The White House · Thursday, May 21, 2026
On Thursday, May 21, 2026, the President postponed signing an executive order that would have established a voluntary federal review process for powerful AI models before public release. The stated reason was competition with China. Speaking to reporters in the Oval Office, the President said the order could “get in the way” of the American lead, and that he “didn’t want to do anything that’s going to get in the way of that lead.” The order, by all accounts, was modest. It would have formalized — for a ninety-day federal review window — the kind of staged, supervised early deployment that Anthropic had already initiated voluntarily with Project Glasswing for its Mythos model, and that the Department of Commerce’s National Institute of Standards and Technology had announced earlier in the month as a national security review framework. In the public reaction that followed, the debate divided along familiar lines: accelerationists relieved that the lead was not endangered, safety advocates dismayed that oversight was deferred. Neither side, in any account this Foundation has reviewed, asked the question that the Theory of Embedded Intelligence holds to be the only structurally serious one. This essay is about that question — and about what its absence from the May 21 conversation reveals. |
I. The Question That Was Not Asked
The question is not whether to slow the labs. It is not whether oversight will cost the United States its lead. It is not even which capabilities are most dangerous and need to be gated first.

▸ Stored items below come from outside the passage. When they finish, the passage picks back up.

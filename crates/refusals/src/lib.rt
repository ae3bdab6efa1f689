// What refuses a call: 45 to 47 of an opening, rule 50 of a session record, and 53, 52, 51, 55 in this order.
#![tactic(auto)]

ghost use Rattle.std.specs.Prelude.{◌≡◌, ◌||◌};
ghost use Rattle.rules.specs.Numbered.{first_row, kept};
ghost use Rattle.rule_50.specs.Inner.{rest_broken};
ghost use Rattle.session_rules.specs.Refusals.{opening_rows, close_rows_by, lost_rows_by, take_rows_by};

use session_rules::{Ledger, Rest};
use sizes::Opening;

// Ok, or the first of 45 to 47 that an opening breaks.
pub fn opening_refusal(o: Opening, room: usize) -> Result<(), u8>
    ensures { result ≡ kept (first_row (opening_rows o room)) }
{
    if sizes::frame_size_broken(o.frame) {
        return Err(45);
    }
    if sizes::payload_size_broken(o.payload) {
        return Err(46);
    }
    if room < o.frame {
        return Err(47);
    }
    Ok(())
}

// 50, 53. Posted: whether what is posted breaks rule 50.
pub fn close_refusal(posted: bool, rest: &Rest) -> Result<(), u8>
    ensures { result ≡ kept (first_row (close_rows_by (rest_broken rest.now.opening rest.now.track.phase rest.now.taken || posted) rest.now.closed)) }
{
    if rule_50::rest_broken(rest.opening, rest.track.phase, rest.taken) || posted {
        return Err(50);
    }
    if rest.closed {
        return Err(53);
    }
    Ok(())
}

// 50, 53, 52.
pub fn lost_refusal(posted: bool, rest: &Rest) -> Result<(), u8>
    ensures { result ≡ kept (first_row (lost_rows_by (rest_broken rest.now.opening rest.now.track.phase rest.now.taken || posted) rest.now.closed rest.now.taken)) }
{
    close_refusal(posted, rest)?;
    if rest.taken == Ledger::TRANSFERS {
        return Err(52);
    }
    Ok(())
}

// 50, 53, 52, 51, 55, of a transfer of n bytes.
pub fn take_refusal(posted: bool, rest: &Rest, room: usize, n: usize) -> Result<(), u8>
    ensures { result ≡ kept (first_row (take_rows_by (rest_broken rest.now.opening rest.now.track.phase rest.now.taken || posted) rest.now.closed rest.now.taken rest.now.opening.frame room n)) }
{
    lost_refusal(posted, rest)?;
    if room < rest.opening.frame {
        return Err(51);
    }
    if Ledger::BYTES < n as u64 {
        return Err(55);
    }
    Ok(())
}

The question is: what is the embedded purpose of the systems we are racing to deploy?
This is not a rhetorical reframing. It is a structural one. The Theory of Embedded Intelligence — developed over decades of engineering experience designing systems where capability without specification is recognized as a category error — establishes that intelligence is constituted of three inseparable components. Structure: the architecture. Process: the operation. And Continuity: what the intelligence is for — the embedded values, purposes, and constraints that govern the system’s behavior when no external constraint is present.

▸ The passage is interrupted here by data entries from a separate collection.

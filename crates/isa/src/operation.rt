//! What a word asks for, in the terms that every instruction set shares.
ghost use Rattle.std.specs.Prelude.{◌≡◌};
ghost use Rattle.isa.specs.Operations.{mask_of, width_of, doubled, reach_of, calculates, reads_second, described};

use base::Width;
use codec::{Class, Instruction, Shape, Span};

// One record for every class: the laws of a set speak of the reach, rD and the address of every word.
/// What a word asks for. What it lacks is 0 or no. Loads, stores and branches use rD.
#[derive(Clone, Copy, PartialEq, Eq, Debug)]
pub struct Operation {
    pub class: Class,
    pub rd: u8,
    // Flags beside the numbers: an Option would not tell the number of a register that is not read.
    pub ra: u8,
    pub rb: u8,
    pub reads_a: bool,
    pub reads_b: bool,
    pub address: u16,
    /// The bytes that a calculation writes: the most significant bit stands for byte 0.
    pub mask: u8,
    /// A block of the result, cut by this width, depends only on the same block of the contents.
    pub reach: Width,
}

static MASKS: [u8; 5] = [
    0b1111_1111,
    0b1111_0000,
    0b0000_1111,
    0b1010_1010,
    0b0101_0101,
];

// PPP and WW are numbers here as in an instruction, where any number can stand.
fn mask_of(ppp: u8) -> u8
    ensures { result ≡ mask_of ppp }
{
    MASKS.get(usize::from(ppp)).copied().unwrap_or(0)
}

fn width_of(ww: u8) -> Width
    ensures { result ≡ width_of ww }
{
    match ww {
        0 => Width::W8,
        1 => Width::W16,
        2 => Width::W32,
        _ => Width::W64,
    }
}

fn doubled(width: Width) -> Width
    ensures { result ≡ doubled width }
{
    match width {
        Width::W8 => Width::W16,
        Width::W16 => Width::W32,
        Width::W32 | Width::W64 => Width::W64,
    }
}

fn calculates(shape: Shape) -> bool
    ensures { result ≡ calculates shape }
{
    matches!(shape, Shape::Two | Shape::One | Shape::Immediate)
}

fn reads_second(shape: Shape) -> bool
    ensures { result ≡ reads_second shape }
{
    matches!(shape, Shape::Two)
}

/// How far a block of the result looks.
pub(crate) fn reach_of(span: Span, ww: u8) -> Width
    ensures { result ≡ reach_of span ww }
{
    match span {
        Span::Bit => Width::W8,
        Span::Subfield => width_of(ww),
        Span::Pair => doubled(width_of(ww)),
    }
}

impl From<Instruction> for Operation {
    ghost from_gives = { λ i o. o ≡ described i };

    fn from(i: Instruction) -> Operation {
        let kind = i.mnemonic.kind();
        let calculates = calculates(kind.shape);
        Operation {
            class: kind.class,
            rd: i.rd,
            ra: i.ra,
            rb: i.rb,
            reads_a: calculates,
            reads_b: reads_second(kind.shape),
            address: i.address,
            mask: if calculates { mask_of(i.ppp) } else { 0 },
            reach: reach_of(kind.span, i.ww),
        }
    }
}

A system with Structure and Process but without Continuity is not a powerful intelligence. It is, in the precise language of TEI-CKB-5, formally incomplete. It is a process without a purpose. It is capability in search of a hand.

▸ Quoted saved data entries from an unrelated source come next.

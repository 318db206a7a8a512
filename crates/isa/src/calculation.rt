//! What a calculation makes of the contents of two registers.
ghost use Rattle.std.specs.Prelude.{◌≡◌, ◌%◌, min};
ghost use Rattle.base.specs.Words.{bits, field, word};
ghost use Rattle.alu.specs.Blocks.{product};
ghost use Rattle.isa.specs.Calculated.{immediate, blockwise, calculated, outcome};

use crate::operation::reach_of;
use alu::{
    Add, Divide, Fixed, Half, Multiply, Remainder, ShiftLeft, ShiftRight, ShiftRightSigned,
    SquareRoot, Subtract, SwapHalves,
};
use base::{FieldFunction, Width, zip_fields};
use codec::{Instruction, Mnemonic};

/// The part of a shift amount that counts: at most five bits.
fn immediate(reach: Width, amount: u8) -> u64
    ensures { result ≡ immediate (bits reach) amount }
{
    u64::from(amount) % u64::from(reach.bits().min(32))
}

/// Each block shifted by an amount.
fn shift_by<F: FieldFunction + Copy>(shift: F, reach: Width, amount: u8, a: u64) -> u64
    ensures { result ≡ word (bits reach) (λ i. F.FieldFunction.meaning shift (field (bits reach) i a) (immediate (bits reach) amount)) }
{
    let by = Fixed {
        function: shift,
        second: immediate(reach, amount),
    };
    zip_fields(reach, &by, a, a)
}

/// Each block the product of its even or of its odd subfields.
fn product(half: Half, reach: Width, a: u64, b: u64) -> u64
    ensures { result ≡ word (bits reach) (λ i. product half (bits reach) (field (bits reach) i a) (field (bits reach) i b)) }
{
    zip_fields(reach, &Multiply { half, reach }, a, b)
}

/// Bitwise functions work on the whole word, the others block by block.
fn blockwise(mnemonic: Mnemonic, amount: u8, reach: Width, a: u64, b: u64) -> u64
    ensures { result ≡ blockwise mnemonic amount (bits reach) a b }
{
    // One match: the mnemonic is data, and a table of functions would be such a match too.
    match mnemonic {
        Mnemonic::Vand => a & b,
        Mnemonic::Vor => a | b,
        Mnemonic::Vxor => a ^ b,
        Mnemonic::Vnot => !a,
        Mnemonic::Vmov => a,
        Mnemonic::Vadd => zip_fields(reach, &Add(reach), a, b),
        Mnemonic::Vsub => zip_fields(reach, &Subtract(reach), a, b),
        Mnemonic::Vmuleu => product(Half::Even, reach, a, b),
        Mnemonic::Vmulou => product(Half::Odd, reach, a, b),
        Mnemonic::Vsqeu => product(Half::Even, reach, a, a),
        Mnemonic::Vsqou => product(Half::Odd, reach, a, a),
        Mnemonic::Vrtth => zip_fields(reach, &SwapHalves(reach), a, b),
        Mnemonic::Vsll => zip_fields(reach, &ShiftLeft(reach), a, b),
        Mnemonic::Vsrl => zip_fields(reach, &ShiftRight(reach), a, b),
        Mnemonic::Vsra => zip_fields(reach, &ShiftRightSigned(reach), a, b),
        Mnemonic::Vslli => shift_by(ShiftLeft(reach), reach, amount, a),
        Mnemonic::Vsrli => shift_by(ShiftRight(reach), reach, amount, a),
        Mnemonic::Vsrai => shift_by(ShiftRightSigned(reach), reach, amount, a),
        Mnemonic::Vdiv => zip_fields(reach, &Divide, a, b),
        Mnemonic::Vmod => zip_fields(reach, &Remainder, a, b),
        Mnemonic::Vsqrt => zip_fields(reach, &SquareRoot, a, b),
        Mnemonic::Vld | Mnemonic::Vsd | Mnemonic::Vbez | Mnemonic::Vbnez | Mnemonic::Vnop => 0,
    }
}

/// The result of an instruction.
fn calculated(i: &Instruction, a: u64, b: u64) -> u64
    ensures { result ≡ calculated i.now a b }
{
    let reach = reach_of(i.mnemonic.kind().span, i.ww);
    blockwise(i.mnemonic, i.amount, reach, a, b)
}

/// The result of a decoded word; an illegal one has none.
pub(crate) fn result_of(meant: Option<Instruction>, a: u64, b: u64) -> u64
    ensures { result ≡ outcome meant a b }
{
    meant.map_or(0, |i| calculated(&i, a, b))
}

The May 21 debate was conducted entirely within the Structure-Process frame. Are American systems more capable than Chinese systems? — a Structure-Process question. Will federal review slow capability development? — also a Structure-Process question. Can the United States afford ninety days of assessment? — also a Structure-Process question.
Continuity was not on the agenda on May 21. Not because it was rejected. Because it was not considered. Both sides of the debate operated within Structure-Process. What the systems are for — the third leg without which intelligence is, in the language of TEI, formally incomplete — was nowhere on the table.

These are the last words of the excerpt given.